Gas oil composition C, it comprises the Fischer-Tropsch synthetic base oil more than or equal to 60 volume % of the total amount that accounts for this gas oil composition, its sulphur content is for being less than or equal to 5 quality ppm, its aromaticity content is for being less than or equal to 10 volume %, its oxygen level is for being less than or equal to 100 quality ppm, and its density under 15 ℃ is more than or equal to 760kg/m ³And for being less than or equal to 840kg/m ³In distillation characteristics, its 90% distillation temperature for more than or equal to 280 ℃ and for be less than or equal to 350 ℃ with final boiling point for being less than or equal to 360 ℃, its insolubles content behind oxidation-stabilized property testing is for being less than or equal to 0.5mg/100mL, its HFRR wear print diameter under WS 1.4 is for being less than or equal to 400 μ m, its cloud point is for being less than or equal to-3 ℃, its cold filter clogging temperature is for being less than or equal to-10 ℃, its pour point is for being less than or equal to-12.5 ℃, its total content with n-paraffin of 20-30 carbon atom is more than or equal to 4 quality % and less than 6 quality %, its total content with n-paraffin of 20-30 carbon atom is more than or equal to 0.2 and for being less than or equal to 0.6 divided by the determined value of total content of the hydrocarbon with 20-30 carbon atom beyond the described n-paraffin, and has relation between the content CnP of every kind of n-paraffin of 20-25 carbon atom and be restricted to C20P＞C21P＞C22P＞C23P＞C24P＞C25P and (C24P-C25P)/C24P＞(C22P-C23P)/C22P＞(C20P-C21P)/C20P;

Step 1: by pipeline mediation, action of forced stirring or leave standstill enough time with the lubricity improver that comprises lipid acid and/or fatty acid ester by mixing with described gas oil composition more than or equal to 20mg/L and the amount that is less than or equal to 300mg/L in active ingredient; With

Step 2: by pipeline mediation, action of forced stirring or leave standstill enough time with the cold flow improver of compound that comprises vinyl-vinyl acetate copolymer and/or have a surface-active action by mixing with described gas oil composition more than or equal to 20mg/L and the amount that is less than or equal to 1000mg/L in active ingredient.

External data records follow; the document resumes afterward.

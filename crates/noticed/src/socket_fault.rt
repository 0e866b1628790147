//! A socket that isn't available.
//! The fault's number doesn't show whether a folder is missing, a file is in the way, or rights are
//! missing. So the system's words follow, where noticed-protocol(5) doesn't give the lines.
use crate::fault_note::{print_fault_line, print_worded_fault};
use dsn_text::fault_code;
use std::io;
use std::io::{Eprint, IsTerminal};

/// The exit status of a run that couldn't have its socket.
const FAULT: u8 = 1;

/// Prints that a socket isn't available, and the system's error. Returns the status.
pub(crate) fn print_socket_fault(rt: &impl Eprint, path: &str, error: &io::Error) -> u8 {
    print_worded_fault(rt, fault_code::SOCKET);
    let _ = eprintln!(rt; "{path}: {error}");
    FAULT
}

/// Prints that the socket of `serve` or `send` isn't available. The system's error follows if events
/// are logged, or on a terminal. Returns the status.
pub(crate) fn note_socket_fault(rt: &HostRuntime, logs: bool, path: &str, error: &io::Error) -> u8 {
    print_fault_line(rt, fault_code::SOCKET);
    if logs || rt.stderr().is_terminal() {
        let _ = eprintln!(rt; "{path}: {error}");
    }
    FAULT
}
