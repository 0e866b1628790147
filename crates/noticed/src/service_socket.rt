//! The service manager's socket, at the path that the environment has (sd_notify(3)).
//! std has no datagram sockets of Unix: so the C library is asked for one.
use crate::start_error::StartError;
use libc::net::{_SS_SIZE, AF_UNIX, SOCK_CLOEXEC, SOCK_DGRAM, connect, socket};
use noticed_lib::ServiceManager;
use os::FromRawFd;
use std::env;
use std::env::VarError;
use std::os::unix::net::UnixStream;
use std::time::Duration;

/// The length of an address's family, in bytes.
const FAMILY: usize = 2;

/// The longest path in an address, in bytes: a 0 follows it.
const LONGEST_PATH: usize = 107;

/// The service manager that the environment names. None if it names none, or if it can't be
/// reached: the run doesn't depend on it. Returns an error if memory is refused.
pub(crate) fn service_manager(rt: &HostRuntime) -> Result<Option<ServiceManager>, StartError> {
    let Some(path) = variable(rt, "NOTIFY_SOCKET")? else {
        return Ok(None);
    };
    let interval = match variable(rt, "WATCHDOG_USEC")? {
        Some(text) => watchdog_interval(text.as_str()),
        None => None,
    };
    match connected(path.as_bytes()) {
        Some(socket) => Ok(ServiceManager::new(socket, interval).ok()),
        None => Ok(None),
    }
}

/// A variable of the environment, if it is set and is text.
fn variable(rt: &HostRuntime, name: &str) -> Result<Option<String>, StartError> {
    match env::var(rt, name) {
        Ok(text) => Ok(Some(text)),
        Err(VarError::OutOfMemory) => Err(StartError::NoMemory),
        Err(_) => Ok(None),
    }
}

/// Half of this number of microseconds, after which the service manager takes the run for hung.
fn watchdog_interval(text: &str) -> Option<Duration> {
    let microseconds = text.parse::<u64>().ok()?;
    Some(Duration::from_micros(microseconds / 2))
}

/// A datagram socket that is connected to this path, if the system connects it.
fn connected(path: &[u8]) -> Option<UnixStream> {
    if path.is_empty() || path.len() > LONGEST_PATH {
        return None;
    }
    let address = address_of(path);
    let length = (FAMILY + path.len()) as u32;
    let descriptor = unsafe { socket(AF_UNIX, SOCK_DGRAM | SOCK_CLOEXEC, 0) };
    if descriptor < 0 {
        return None;
    }
    let stream = unsafe { UnixStream::from_raw_fd(descriptor) };
    if unsafe { connect(descriptor, &address, length) } < 0 {
        return None;
    }
    Some(stream)
}

/// The address of a socket at this path, which is cut at 107 bytes. A path that begins with `@` is
/// an abstract one (unix(7)).
fn address_of(path: &[u8]) -> [u8; _SS_SIZE] {
    let mut address = [0u8; _SS_SIZE];
    address[0] = 1;
    for (place, byte) in address[FAMILY..]
        .iter_mut()
        .zip(path.iter().take(LONGEST_PATH))
    {
        *place = *byte;
    }
    if address[FAMILY] == b'@' {
        address[FAMILY] = 0;
    }
    address
}
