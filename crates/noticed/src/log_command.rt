//! The commands `discard` and `forget`: each sends one request about one log to a daemon.
use crate::arguments::{queue_id_of, socket_of, text_of};
use crate::fault_note::print_worded_fault;
use crate::socket_fault::print_socket_fault;
use crate::start_error::StartError;
use clap::ArgMatches;
use dsn_outcome::{BodyRef, Key, Plain, Reply, Service};
use dsn_text::fault_words;
use noticed_lib::{Spoken, send_request};
use std::alloc::Global;
use std::io::Print;
use std::os::unix::net::UnixStream;
use std::sync::Wait;

/// The exit status of a request that wasn't carried out, or whose answer couldn't be printed.
const NOT_DONE: u8 = 1;

/// What is asked about a log.
#[derive(Clone, Copy, PartialEq, Eq)]
pub(crate) enum LogRequest {
    /// Its log is closed, and its outcomes are dropped.
    Discard,
    /// The key of its closed log is released.
    Forget,
}

/// What `discard` and `forget` are given.
#[derive(Drop)]
pub(crate) struct LogArguments {
    socket: String,
    request: LogRequest,
    key: Key,
}

impl LogArguments {
    /// The socket and the key that the arguments name, for this request.
    pub(crate) fn of(
        alloc: Global,
        request: LogRequest,
        given: &ArgMatches<'_>,
    ) -> Result<LogArguments, StartError> {
        let service = text_of(given, "SERVICE");
        let Some(service) = service_named(service) else {
            return Err(StartError::wrong(alloc, "SERVICE", "bounce, defer or trace", service));
        };
        let id = queue_id_of(alloc, given)?;
        Ok(LogArguments {
            socket: socket_of(alloc, given)?,
            request,
            key: Key { service, id },
        })
    }
}

/// The service of this name.
fn service_named(name: &str) -> Option<Service> {
    match name {
        "bounce" => Some(Service::Bounce),
        "defer" => Some(Service::Defer),
        "trace" => Some(Service::Trace),
        _ => None,
    }
}

/// Sends the request to the daemon, and prints its answer in a line of standard output, or a fault
/// on standard error. Returns the status: 0 if the request was carried out. Only in `main` may the
/// runtime wait, so `waiting` passes it again with this right.
pub(crate) fn run_log_request(
    rt: &HostRuntime,
    waiting: &impl Wait,
    arguments: LogArguments,
) -> Result<u8, StartError> {
    let LogArguments {
        socket,
        request,
        key,
    } = arguments;
    let mut stream = match UnixStream::connect(rt, &socket) {
        Ok(connection) => Plain::new(connection),
        Err(error) => return Ok(print_socket_fault(rt, &socket, &error)),
    };
    let body = match request {
        LogRequest::Discard => BodyRef::Discard(&key),
        LogRequest::Forget => BodyRef::Forget(&key),
    };
    match send_request(waiting, rt.alloc(), &mut stream, body) {
        Ok(answer) => Ok(print_answer(rt, request, answer)),
        Err(fault) => {
            print_worded_fault(rt, fault.code());
            Ok(NOT_DONE)
        }
    }
}

/// Prints an answer to the request. Returns the status.
fn print_answer(rt: &impl Print, request: LogRequest, answer: Spoken) -> u8 {
    let (status, printed) = match answer {
        Spoken::Refused(code) => {
            (
                NOT_DONE,
                println!(rt; "refused {code}: {}", fault_words(code)),
            )
        }
        Spoken::Reply(replied) => match (request, replied.reply) {
            (LogRequest::Discard, Reply::Discarded(count)) => {
                (
                    0,
                    println!(rt;
                        "discarded {count}: the log is closed, and these outcomes are lost"
                    ),
                )
            }
            (LogRequest::Forget, Reply::Forgotten) => {
                (0, println!(rt; "forgotten: the key is free for a new log"))
            }
            (_, reply) => (NOT_DONE, println!(rt; "{}", undone(reply))),
        },
    };
    match printed {
        Ok(()) => status,
        Err(_) => NOT_DONE,
    }
}

/// Why nothing was changed.
fn undone(reply: Reply) -> &'static str {
    match reply {
        Reply::Closed => "closed: the log was flushed or discarded before",
        Reply::NotClosed => "not closed: the log is open, or there is none",
        Reply::TableFull => "table full: no key can be added",
        _ => "the answer is not one to this request",
    }
}
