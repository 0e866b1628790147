//! The templates that `postfix` and `preview` are given: the files of a folder.
use crate::start_error::StartError;
use dsn_report::{Template, TemplateFault, Templates};
use std::io::ErrorKind;
use std::{fs, io};

/// The templates in a folder: those of its files `failure`, `delay`, `success` and `verify`. A file
/// that isn't there is no template. Returns an error that names the path if the folder or a file
/// can't be read, or a file isn't a template.
pub(crate) fn templates_in(rt: &HostRuntime, folder: &str) -> Result<Templates, StartError> {
    // A folder that isn't there is a mistake, and not a folder without files.
    if let Err(error) = fs::metadata(rt, folder) {
        return Err(at_file(rt, folder, &error));
    }
    Ok(Templates {
        failure: template_in(rt, folder, "failure")?,
        delay: template_in(rt, folder, "delay")?,
        success: template_in(rt, folder, "success")?,
        verify: template_in(rt, folder, "verify")?,
    })
}

/// The template in the file of this name, if the folder has it.
fn template_in(rt: &HostRuntime, folder: &str, name: &str) -> Result<Option<Template>, StartError> {
    let path = format!(in rt.alloc(); "{folder}/{name}")?;
    match fs::read(rt, path.as_str()) {
        Ok(file) => Ok(Some(template_of(rt, path.as_str(), file.as_slice())?)),
        Err(error) if error.kind() == ErrorKind::NotFound => Ok(None),
        Err(error) => Err(at_file(rt, path.as_str(), &error)),
    }
}

/// The template in a file with these bytes.
fn template_of(rt: &HostRuntime, path: &str, file: &[u8]) -> Result<Template, StartError> {
    match Template::read(rt.alloc(), file) {
        Ok(template) => Ok(template),
        Err(TemplateFault::NoMemory) => Err(StartError::NoMemory),
        Err(fault) => Err(StartError::at_template(rt.alloc(), path, fault)),
    }
}

/// That a file or a folder can't be read.
fn at_file(rt: &HostRuntime, path: &str, error: &io::Error) -> StartError {
    if error.kind() == ErrorKind::OutOfMemory {
        return StartError::NoMemory;
    }
    StartError::at_file(rt.alloc(), path, error)
}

2. the gas oil composition of claim 1, wherein in the step that is added between step 1 and 2 by pipeline mediation, action of forced stirring or leave standstill enough time with described gas oil composition with mix more than or equal to 20mg/L and the purification agent that is less than or equal to 500mg/L, described purification agent comprises polyether amine compound, polybutylene-based amine compound, alkenyl succinic diamide compound or alkenyl succinimide compound.

3. the gas oil composition of claim 1, wherein said lubricity improver and cold flow improver contain solvent separately, and this solvent does not contain fusing point and is the chemical substance more than or equal to 10 ℃.

4. the gas oil composition of claim 2, wherein said lubricity improver, purification agent and cold flow improver contain solvent separately, and this solvent does not contain fusing point and is the chemical substance more than or equal to 10 ℃

5. each the gas oil composition of claim 1-4, the peroxide value of wherein said gas oil composition after the accelerated oxidation test is for being less than or equal to 50 quality ppm, and the kinematic viscosity under 30 ℃ is more than or equal to 2.5mm ²/ s and for being less than or equal to 5.0mm ²/ s, cetane index are more than or equal to 45, and water-content is for being less than or equal to 100 volume ppm.